Currently, we have a mini-van and really want to get rid of it.

I am looking at these two cars and wonder if our carseats will fit in the back seat. We have a 7yo in a evenflo Cargo high back booster. A 3 year old in a Britax Marathon and a 15 month old in a Britax Marathon. Just wondering if this combo would fit in with of these cars? Any one have any experience they want yo share? TIA.


----------



## TiredX2 (Jan 7, 2002)

If you've actually narrowed it down to just two cars, I would just go try them out.

Are you planning on more kids? How close is your 7 year old to not needing a booster? I think the buckling in in most seats w/three carseats across is a huge PITA (even if they fit, it's hard to get the booster buckled) but it might be easier since I assume at least one of your Marathon's is still rear facing.


----------



## afishwithabike (Jun 8, 2005)

You can go to www.edmunds.com and do a car comparison.

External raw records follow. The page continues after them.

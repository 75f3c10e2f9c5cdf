//! Steps that are made on buffers and entries of the test's.
use crate::bench::moved;
use bitflags::Flags;
use pl_kernel::{Answered, Kernel, PollEntry, Resumed, reply_of_write};
use pl_model::{Bytes8, Call, MaskList, PollList, PollMask, Reply, Step};
use std::alloc::{Allocator, Global};
use std::test::Fail;

/// The length of the greatest buffer, in bytes. A read that asks for more, or is resumed and gives more, is made as a step.
const MOST: usize = 65_536;

/// What every byte of a buffer is before a read.
const UNREAD: u8 = 0xa5;

/// What an entry of a poll says was found before the poll is made.
const UNNOTED: u16 = 0xa5a5;

/// Whether no byte was read into any of these.
fn are_unread(bytes: &[u8]) -> bool {
    for byte in bytes {
        if *byte != UNREAD {
            return false;
        }
    }
    true
}

/// The reply that a read's answer and its buffer tell. It fails where bytes behind those that were read changed.
fn told(alloc: Global, reply: Answered<usize>, buffer: &[u8]) -> Result<Reply, Fail> {
    let count = match reply {
        Answered::Done(count) => count,
        _ => 0,
    };
    let (Some(read), Some(rest)) = (buffer.get(..count), buffer.get(count..)) else {
        return Err(Fail::from("a read answers more bytes than there are in its buffer"));
    };
    if !are_unread(rest) {
        return Err(Fail::from("a read changes bytes behind those that it answers"));
    }
    Ok(match reply {
        Answered::Done(_) => {
            let copy = Vec::from_slice(alloc, read)?;
            Reply::Bytes(Bytes8::from_vec(copy).ok_or("more bytes than a call moves")?)
        }
        _ => reply.undone(),
    })
}

/// The entries that ask what a poll does.
fn entries_of<A: Allocator>(alloc: Global, asked: &PollList<A>) -> Result<Vec<PollEntry>, Fail> {
    let mut entries = Vec::with_capacity(alloc, asked.as_slice().len())?;
    for (fd, events) in asked.as_slice() {
        entries.push(PollEntry {
            fd: *fd,
            events: events.bits() as u16,
            revents: UNNOTED,
        })?;
    }
    Ok(entries)
}

/// Whether nothing was noted in any entry.
fn are_unnoted(entries: &[PollEntry]) -> bool {
    for entry in entries {
        if entry.revents != UNNOTED {
            return false;
        }
    }
    true
}

/// The reply that a poll's answer and its entries tell. It fails where an entry changed and none was to be noted.
fn polled(alloc: Global, reply: Answered<u32>, entries: &[PollEntry]) -> Result<Reply, Fail> {
    if !matches!(reply, Answered::Done(_)) && !are_unnoted(entries) {
        return Err(Fail::from("a poll that isn't answered changes its entries"));
    }
    Ok(match reply {
        Answered::Done(ready) => {
            let mut masks = Vec::with_capacity(alloc, entries.len())?;
            for entry in entries {
                if entry.revents > 0xff {
                    return Err(Fail::from("a poll notes bits that no mask has"));
                }
                masks.push(PollMask::from_bits_retain(entry.revents as u8))?;
            }
            Reply::Masks {
                ready,
                masks: MaskList::from_vec(masks),
            }
        }
        _ => reply.undone(),
    })
}

/// Makes a write from a buffer, a read or the resumption of a call into one, and a poll of entries, of memory of `alloc`, and any other
/// step as it is. Answers the reply; `None` where the kernel finds no memory.
pub(crate) fn reply_on_buffers<A: Allocator + Copy>(
    alloc: Global,
    kernel: &mut Kernel<A>,
    step: Step<A>,
) -> Result<Option<Reply>, Fail> {
    match step {
        Step::Begin(pid, Call::Write { fd, bytes }) => {
            Ok(
                kernel
                    .write_from(pid, fd, bytes.as_slice())
                    .ok()
                    .map(|answered| reply_of_write(answered)),
            )
        }
        Step::Begin(pid, Call::Read { fd, n }) if n as usize <= MOST => {
            let mut buffer = Vec::from_elem(alloc, UNREAD, n as usize)?;
            match kernel.read_into(pid, fd, &mut buffer) {
                Ok(reply) => Ok(Some(told(alloc, reply, &buffer)?)),
                Err(_) => Ok(None),
            }
        }
        Step::Begin(pid, Call::Poll { entries, wait }) => {
            let mut noted = entries_of(alloc, &entries)?;
            match kernel.poll_into(pid, &mut noted, wait) {
                Ok(reply) => Ok(Some(polled(alloc, reply, &noted)?)),
                Err(_) => Ok(None),
            }
        }
        Step::Resume(number) => {
            let mut buffer = Vec::from_elem(alloc, UNREAD, MOST)?;
            match kernel.resume_into(number, &mut buffer) {
                Ok(Resumed::Read(reply)) => Ok(Some(told(alloc, reply, &buffer)?)),
                Ok(Resumed::Other(reply)) => all_moved(alloc, Some(reply)),
                Ok(Resumed::Short(_)) => all_moved(alloc, kernel.step(Step::Resume(number)).ok()),
                Err(_) => Ok(None),
            }
        }
        step => all_moved(alloc, kernel.step(step).ok()),
    }
}

/// The reply, if there is one, with its bytes in memory of `alloc`.
fn all_moved<A: Allocator>(alloc: Global, reply: Option<Reply<A>>) -> Result<Option<Reply>, Fail> {
    match reply {
        Some(reply) => Ok(Some(moved(alloc, reply)?)),
        None => Ok(None),
    }
}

It will give you each and every dimension inside and out.


----------



## bu's mama (Mar 25, 2004)

I have an outback, and I don't think there's enough room for what you described. The marathon is kind of bulky & I think it would be a total pita to buckle the booster like that.

I would defintely bring them all to the dealership & try them out...there's really no other way to figure it out.


----------



## mbhf (Jan 8, 2005)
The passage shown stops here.